星座のおおまかな位置関係はくずれないのだが、星のなかには、上下左右に行ったり来たりしているものがある。全体での星座のデザインの範囲内ではあるが、ジグザグに動いている星が、6つはあったと思う。
「星はみんなUFOなんだよ」と映像作家は自説を述べる。
 三人全員が、同じUFOを確認し、それぞれが流星を見ることができた。
 いいものを見せていただきました。ありがとうございます。
 そう、夜空につぶやく。
 翌朝はやく、帰る前に御嶽めぐりにと自転車を走らせると、前夜の映像作家が遠くからの鳥居を撮影していた。

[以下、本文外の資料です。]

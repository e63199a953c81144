//! Attentions of a generated session and what follows them: releases, talks, cuts.

use crate::tests::bounds::Bound;
use crate::tests::plays::*;
use crate::tests::reading::{FREE, add, after, beat};
use crate::tests::sessions::*;
use Line::*;
use Way::*;
use cbm_iec::*;
use std::alloc::Global;
use std::process::Abort;

impl Session {
    // ATN's release, and what follows it up to the next attention; the moment from which ATN may be pulled after all
    // of that.
    pub fn release(&mut self, rt: &impl Abort, alloc: Global) -> u64 {
        let first = self.after_accepts();
        let moment = self.from(rt, Bound::Release, first, after(first, 80));
        self.released = moment;
        match (self.any(Role::Listener), self.any(Role::Talker)) {
            (None, None) => {
                self.host(rt, moment, Atn, Free);
                self.each(rt, alloc, moment, Act::Released);
                self.let_go(rt, alloc, moment);
                let clock = self.pick(moment, after(moment, 100));
                self.host(rt, clock, Clock, Free);
                after(moment, self.pull_pause()).max(clock)
            }
            (Some(_), _) => {
                self.host(rt, moment, Atn, Free);
                self.each(rt, alloc, moment, Act::Released);
                self.let_go(rt, alloc, moment);
                let mut ready = after(moment, 100);
                for _ in 0..self.random(3) {
                    let eoi = self.random(2) == 0;
                    let byte = (self.random(256) % 256) as u8;
                    let from = self.from(rt, Bound::Ready, ready, after(ready, 60));
                    self.frame(rt, alloc, false, byte, eoi, from);
                    ready = after(self.accepted, 100);
                }
                after(moment, self.pull_pause()).max(self.after_accepts())
            }
            (None, Some(talker)) => {
                self.host(rt, moment, Data, Pull);
                let freed = self.together(rt, moment);
                self.host(rt, freed, Atn, Free);
                self.each(rt, alloc, moment, Act::Released);
                let afterwards = self.let_go(rt, alloc, moment);
                let turn = match talker.pace {
                    Pace::Profile => 20,
                    Pace::Kernal => 15,
                };
                let clock = self.from(rt, Bound::Turn, after(moment, turn), after(moment, 90));
                self.host(rt, clock, Clock, Free);
                let end = self.talk(rt, talker, after(clock, talker.reaction));
                end.max(afterwards)
            }
        }
    }

    // The answer of a talker: nothing to say, or bytes up to a last one.
    pub fn talk(&mut self, rt: &impl Abort, talker: Member, answer: u64) -> u64 {
        let (device, r) = (talker.device, talker.reaction);
        if self.silent {
            return self.mute(rt, talker, answer);
        }
        self.drive(rt, device, answer, Clock, Pull);
        self.drive(rt, device, answer, Data, Free);
        let mut lead = after(answer, 80);
        for _ in 0..3 {
            let byte = *STATUS.get(self.said).unwrap_or(&0);
            let last = self.said % 3 == 2;
            self.drive(rt, device, lead, Clock, Free);
            let free = self.from(rt, Bound::Take, after(lead, 1), after(lead, 300));
            self.host(rt, free, Data, Free);
            let mut begin = free;
            if last {
                let mark = self.from(rt, Bound::Mark, after(free, 200), after(free, 400));
                begin = self.from(rt, Bound::Unmark, after(mark, 60), after(mark, 160));
                self.host(rt, mark, Data, Pull);
                self.host(rt, begin, Data, Free);
            }
            let accept = self.say(rt, talker, byte, after(begin, r));
            self.host(rt, accept, Data, Pull);
            add(rt, &mut self.acts, (accept, device, Act::Said(byte, last)));
            self.said = if self.said < 26 { self.said + 1 } else { 0 };
            if last {
                self.drive(rt, device, after(accept, r), Clock, Free);
                return after(accept, r.wrapping_add(1));
            }
            lead = after(accept, 100);
        }
        lead
    }

    // Nothing to say: DATA is freed, at a KERNAL's pace after CLOCK was held for 80; and the host may free DATA then.
    fn mute(&mut self, rt: &impl Abort, talker: Member, answer: u64) -> u64 {
        let device = talker.device;
        let mut end = answer;
        if talker.pace == Pace::Kernal {
            end = after(answer, 80);
            self.drive(rt, device, answer, Clock, Pull);
            self.drive(rt, device, end, Clock, Free);
        }
        self.drive(rt, device, end, Data, Free);
        add(rt, &mut self.acts, (end, device, Act::Silent));
        if self.random(2) == 0 {
            return after(end, 1);
        }
        let free = self.from(rt, Bound::Silence, after(end, 1), after(end, 80));
        self.host(rt, free, Data, Free);
        free
    }

    // The bits of a byte, from the first; when the host accepts it.
    pub fn say(&mut self, rt: &impl Abort, talker: Member, byte: u8, first: u64) -> u64 {
        let (device, half) = (talker.device, beat(talker.pace));
        let mut left = byte;
        let mut moment = first;
        for _ in 0..8 {
            self.drive(rt, device, moment, Clock, Pull);
            self.drive(
                rt,
                device,
                moment,
                Data,
                if left % 2 == 0 { Pull } else { Free },
            );
            self.drive(rt, device, after(moment, half), Clock, Free);
            left = left / 2;
            moment = after(moment, half.wrapping_mul(2));
        }
        self.drive(rt, device, moment, Clock, Pull);
        self.drive(rt, device, moment, Data, Free);
        self.within(rt, Bound::Accept, after(moment, 1), after(moment, 1000))
    }

    // An attention of some bytes, so that no drive listens beside one that talks.
    pub fn attention(&mut self, rt: &impl Abort, alloc: Global, moment: u64) {
        self.pull(rt, alloc, moment);
        let device = (8 + self.random(4) % 4) as u8;
        match self.random(4) {
            0 => self.command(rt, alloc, 0x40 + device),
            1 => self.command(rt, alloc, 0x20 + device),
            2 => self.command(rt, alloc, 0x3f),
            _ => {
                self.command(rt, alloc, 0x5f);
                self.command(rt, alloc, 0x20 + device);
                self.command(rt, alloc, 0x6f);
            }
        }
        match (self.any(Role::Listener), self.any(Role::Talker)) {
            (Some(_), Some(_)) => self.command(rt, alloc, 0x3f),
            _ => {}
        }
    }

    // ATN is pulled at this moment: only what lies before stands.
    pub fn cut(&mut self, rt: &impl Abort, alloc: Global, moment: u64) {
        if let Some((_, flawed, _)) = self.broken
            && moment <= flawed
        {
            self.broken = None;
        }
        let mut changes = Vec::new(alloc);
        for change in &self.changes {
            if change.moment < moment {
                add(rt, &mut changes, *change);
            }
        }
        let mut wanted = Vec::new(alloc);
        for event in &self.wanted {
            if event.change.moment < moment {
                add(rt, &mut wanted, *event);
            }
        }
        let mut acts = Vec::new(alloc);
        self.said = 0;
        for (counted, device, act) in &self.acts {
            if *counted < moment {
                add(rt, &mut acts, (*counted, *device, *act));
                if let Act::Said(_, _) = *act {
                    self.said = if self.said < 26 { self.said + 1 } else { 0 }
                }
            }
        }
        self.host = FREE;
        for change in &changes {
            self.host = with_own(self.host, change.line, is_low(change.way)).0;
        }
        for member in &mut self.members {
            member.own = FREE;
            for event in &wanted {
                if event.who == Who::Drive(member.device) {
                    member.own = with_own(
                        member.own,
                        event.change.line,
                        is_low(event.change.way),
                    ).0;
                }
            }
        }
        self.changes = changes;
        self.wanted = wanted;
        self.acts = acts;
    }

    // A moment of a talk: often that of an event, or 1 beside it.
    pub fn cut_moment(&mut self, first: u64, last: u64) -> u64 {
        let (made, asked) = (self.wanted.len() as u64, self.changes.len() as u64);
        let (of_drive, of_host) = (self.random(made) as usize, self.random(asked) as usize);
        let beside = self.random(3);
        let of_drive = match self.wanted.get(of_drive) {
            Some(event) => event.change.moment,
            None => first,
        };
        let of_host = match self.changes.get(of_host) {
            Some(change) => change.moment,
            None => first,
        };
        let event = if self.random(2) == 0 {
            of_drive
        } else {
            of_host
        };
        let moment = after(event, beside).wrapping_sub(1);
        if first <= moment && moment <= last {
            moment
        } else {
            self.pick(first, last)
        }
    }

    // Up to three attentions, each with what follows it; a talk may be cut at any moment after ATN's release.
    pub fn write(&mut self, rt: &impl Abort, alloc: Global) -> u64 {
        let mut moment = self.random(50);
        for _ in 0..after(1, self.random(3)) {
            self.attention(rt, alloc, moment);
            let end = self.release(rt, alloc);
            let talks = self.any(Role::Talker).is_some() && self.any(Role::Listener).is_none();
            if !talks {
                moment = self.from(rt, Bound::Attention, end, after(end, 200));
                continue;
            }
            moment = self.pick(end, after(end, 200));
            let first = after(self.released, 1);
            if first < end && self.random(2) == 0 {
                moment = self.cut_moment(first, end.wrapping_sub(1));
                self.cut(rt, alloc, moment);
            }
        }
        self.pull(rt, alloc, moment);
        moment
    }
}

 種子取祭がどんな映像に仕上がるのか、楽しみである。
 祭はいろいろな人との出会いや交流の場でもある。
 今回は、印象的な出会いがあった。
 日本民俗舞踊研究会の須藤武子先生。そのお弟子さんたちのひとりは大森一也さんの東京での写真展で、わたしが人違いして声をかけた方であった。若い男性は武術をやっており、映画やコミックの監修もしているらしい。民宿でいっしょになったのは、昔よく話を聞きに通いお世話になった神司のお孫さん。
 星々をみていると、そんな出会いこそが星々の動きのように思えてくる。
 わたしたちもまた、星々としてまたたき、ときに動き、出会う。
 ひとつひとつの星として輝いているけれど、全体としては神々のつくりたもうた、この宇宙を構成する星のひとつ。
 おおきな宇宙のなかで、役割をいただいて、またたき、輝く。
 わたしたちもまた、いのちを燃やして輝く星である。
 祭は年に一度の星々の出会いでもあるのだ。